Smartphone based fall detection system

This paper describes the design of a smartphone based fall detection system and characterizes the preliminary efficacy of the proposed system in activities of daily living (ADLs). Using the embedded sensors available in a smartphone (i.e., accelerometer, gyroscope and magnetometer), kinematic analysis of movement can be performed in real-time, allowing for continuous monitoring of fall status. Fall sensing thresholds are defined based on angular rate of change (TH1), maximum acceleration (TH2), and maximum attitude change (TH3). TH1 is measured from the resultant pitch and roll angular velocity vector and defined as 3.1 rad/s (~180°/s). TH2 is measured from the resultant acceleration vector and defined as 1.6 g.

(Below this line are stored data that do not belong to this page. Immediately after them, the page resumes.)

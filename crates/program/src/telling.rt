//! Telling something to the console of a node that is served.

ghost use Rattle.std.specs.Prelude.{ℕ, List};
ghost use Rattle.toml.specs.View.{table_view};
ghost use Rattle.settings_file.specs.Parsed.{AreDocument};
ghost use Rattle.program.specs.Folders.{FileRead};
ghost use Rattle.program.specs.Program.{streams};
ghost use Rattle.program.specs.Telling.{TellsFile, TellsDocument};

use crate::console_client::{CallFault, Verdict, call};
use crate::ending::{tell_console_fault, tell_no_memory};
use crate::explaining::explain_call;
use crate::folder::Folder;
use crate::program::Status;
use crate::settings_files::parsed_file;
use script::{Sink, Source};
use settings_file::serve::{ConsolePlace, read_console};
use toml::Table;

/// Tells these words to the console that the settings of a file name, or else what the reader gives, and prints the
/// answers. Of the settings only the console is looked at. Faults are found in this order: the file, its console, the
/// connection.
pub(crate) fn tell_file<F: Folder, R: Source, W: Sink, E: Sink>(
    rt: &HostRuntime,
    folder: &F,
    file: &str,
    words: &[String],
    reader: &mut R,
    writer: &mut W,
    errors: &mut E,
) -> Status
    ensures { (read : FileRead) × F.reads folder.now file.now read × TellsFile file.now read
        (streams (R.input reader.old) (W.output writer.old) (E.output errors.old))
        (streams (R.input reader.new) (W.output writer.new) (E.output errors.new)) result }
{
    let parsed = match parsed_file(rt.alloc(), folder, file, writer, errors) {
        Ok(parsed) => parsed,
        Err(status) => return status,
    };
    let status = tell_document(rt, file, &parsed.document, words, reader, writer, errors);
    drop(parsed);
    status
}

/// Tells something to the console in the document of a file, if that names one.
fn tell_document<R: Source, W: Sink, E: Sink>(
    rt: &HostRuntime,
    file: &str,
    document: &Table,
    words: &[String],
    reader: &mut R,
    writer: &mut W,
    errors: &mut E,
) -> Status
    ensures { (octets : List ℕ) → AreDocument octets (table_view document.now) → TellsDocument file.now octets
        (streams (R.input reader.old) (W.output writer.old) (E.output errors.old))
        (streams (R.input reader.new) (W.output writer.new) (E.output errors.new)) result }
{
    match read_console(document) {
        Ok(place) => tell_console(rt, place, words, reader, writer, errors),
        Err(fault) => tell_console_fault(rt.alloc(), file, document, fault, writer, errors),
    }
}

/// Tells something to the console at this place.
fn tell_console<R: Source, W: Sink, E: Sink>(
    rt: &HostRuntime,
    place: ConsolePlace<'_>,
    words: &[String],
    reader: &mut R,
    writer: &mut W,
    errors: &mut E,
) -> Status {
    match call(rt, place, words, reader, writer) {
        Ok(Verdict::Done) => Status::Done,
        Ok(Verdict::Refused) => Status::Refused,
        Err(CallFault::NoMemory) => tell_no_memory(writer),
        Err(fault) => {
            explain_call(rt.alloc(), place, fault, errors);
            Status::Stream
        }
    }
}
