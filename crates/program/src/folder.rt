//! Where settings files are read from.

ghost use Rattle.std.specs.Prelude.{◌≡◌, ◌≤◌, ◌⊎◌, ℕ, List, length, Result, Ok, Err, IfOk, IfSome, if◌then◌else◌, bytes_eq};
ghost use Rattle.program.specs.declared.folder.FileFault.{FileFault};
ghost use Rattle.program.specs.declared.folder.FileFault.TheVariants as file_fault;
ghost use Rattle.program.specs.declared.folder.Unread.TheVariants.{Missing};
ghost use Rattle.program.specs.Folders.{octets_read};

use std::alloc::Global;
use std::io::{ErrorKind, Read};
use std::rt::Files;
use std::{fs, io};

/// Octets of a settings file, at most: 16 MB.
pub const MOST_OCTETS: usize = 16_000_000;

/// Octets that are read at once, at most.
const PIECE_OCTETS: usize = 65_536;

/// Why a file can't be read.
#[derive(Clone, Copy, Debug, PartialEq, Eq)]
pub enum Unread {
    /// There is no such file.
    Missing,
    /// Reading it isn't permitted.
    Forbidden,
    /// It is a directory.
    Directory,
    /// It has more octets than a settings file may have.
    TooLarge,
    /// A read of it failed.
    Failed,
}

/// Why a file wasn't read.
#[derive(Clone, Copy, Debug, PartialEq, Eq)]
pub enum FileFault {
    /// It can't be read.
    Unread(Unread),
    /// Memory ran out.
    NoMemory,
}

/// Where settings files are read from.
pub trait Folder {
    // What a read of the file of this name may come to: its octets, or a fault.
    ghost reads: { Self → List ℕ → Result (List ℕ) FileFault → Type 0 };

    /// Reads the whole file of this name.
    fn read(&self, alloc: Global, name: &str) -> Result<Vec<u8>, FileFault>
        ensures { reads self.now name.now (octets_read result) };
}

/// What an error of this kind says of a file.
fn file_fault(kind: ErrorKind) -> FileFault {
    match kind {
        ErrorKind::OutOfMemory => FileFault::NoMemory,
        ErrorKind::NotFound => FileFault::Unread(Unread::Missing),
        ErrorKind::PermissionDenied => FileFault::Unread(Unread::Forbidden),
        ErrorKind::IsADirectory => FileFault::Unread(Unread::Directory),
        _ => FileFault::Unread(Unread::Failed),
    }
}

/// The machine's files, about which nothing is known in advance.
#[derive(Clone, Copy)]
pub struct Disk<'a, R> {
    rt: &'a R,
}

impl<'a, R: Files + AllocGlobal> Disk<'a, R> {
    /// The files that this runtime reads.
    pub fn new(rt: &'a R) -> Disk<'a, R>
        ensures { result.rt ≡ rt.entry }
    {
        Disk { rt }
    }
}

impl<'a, R: Files + AllocGlobal> Folder for Disk<'a, R> {
    ghost reads = { λ _ _ _. Unit {0} };

    fn read(&self, alloc: Global, name: &str) -> Result<Vec<u8>, FileFault> {
        match small_file(self.rt, alloc, name) {
            Ok(Some(octets)) => Ok(octets),
            Ok(None) => Err(FileFault::Unread(Unread::TooLarge)),
            Err(error) => Err(file_fault(error.kind())),
        }
    }
}

/// What is in the file of this name; none if that is more than a settings file may have.
fn small_file<R: Files>(rt: &R, alloc: Global, name: &str) -> io::Result<Option<Vec<u8>>>
    ensures { IfOk result (λ read. IfSome read (λ octets. length octets.items ≤ MOST_OCTETS)) }
{
    let mut file = fs::open(rt, name)?;
    let mut octets = Vec::new(alloc);
    // Each read but the last has an octet at least.
    for _ in 0..=MOST_OCTETS {
        let goes_on = read_piece(&mut file, &mut octets)?;
        if octets.len() > MOST_OCTETS {
            return Ok(None);
        }
        if !goes_on {
            return Ok(Some(octets));
        }
    }
    Ok(None)
}

/// Reads once, and puts what came behind these octets. Returns whether something came.
fn read_piece<F: Read>(file: &mut F, octets: &mut Vec<u8>) -> io::Result<bool> {
    let mut piece = [0; PIECE_OCTETS];
    let count = file.read(&mut piece)?;
    octets.extend_from_slice(&piece[..count])?;
    Ok(count > 0)
}

/// One file in memory, and no other.
#[derive(Clone, Copy)]
pub struct OneFile<'a> {
    /// The file's name.
    pub name: &'a str,
    /// What is in it.
    pub octets: &'a [u8],
}

impl Folder for OneFile<'_> {
    ghost reads = { λ f name read.
        (read ≡ (if bytes_eq name f.name.now then Ok f.octets.now else Err (file_fault.Unread Missing)))
        ⊎ (read ≡ Err file_fault.NoMemory) };

    fn read(&self, alloc: Global, name: &str) -> Result<Vec<u8>, FileFault> {
        if name != self.name {
            return Err(FileFault::Unread(Unread::Missing));
        }
        match Vec::from_slice(alloc, self.octets) {
            Ok(octets) => Ok(octets),
            Err(_) => Err(FileFault::NoMemory),
        }
    }
}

TH3 is measured from the resultant vector of the pitch and roll angles, and defined at 0.59 rad (39°). A proof-of-concept study was performed on five ADL tasks: 1) comfortable walking, 2) stand-to-seated posture, 3) seated-to-standing posture, 4) pivoting at the waist to pick up an object, and 5) stand-to-seated-to-laying transition. No trials violated the defined thresholds for fall detection, signifying no false positives. These results are important for the definition of machine learning algorithms, currently under development, to minimize false positive and false negative fall detection events.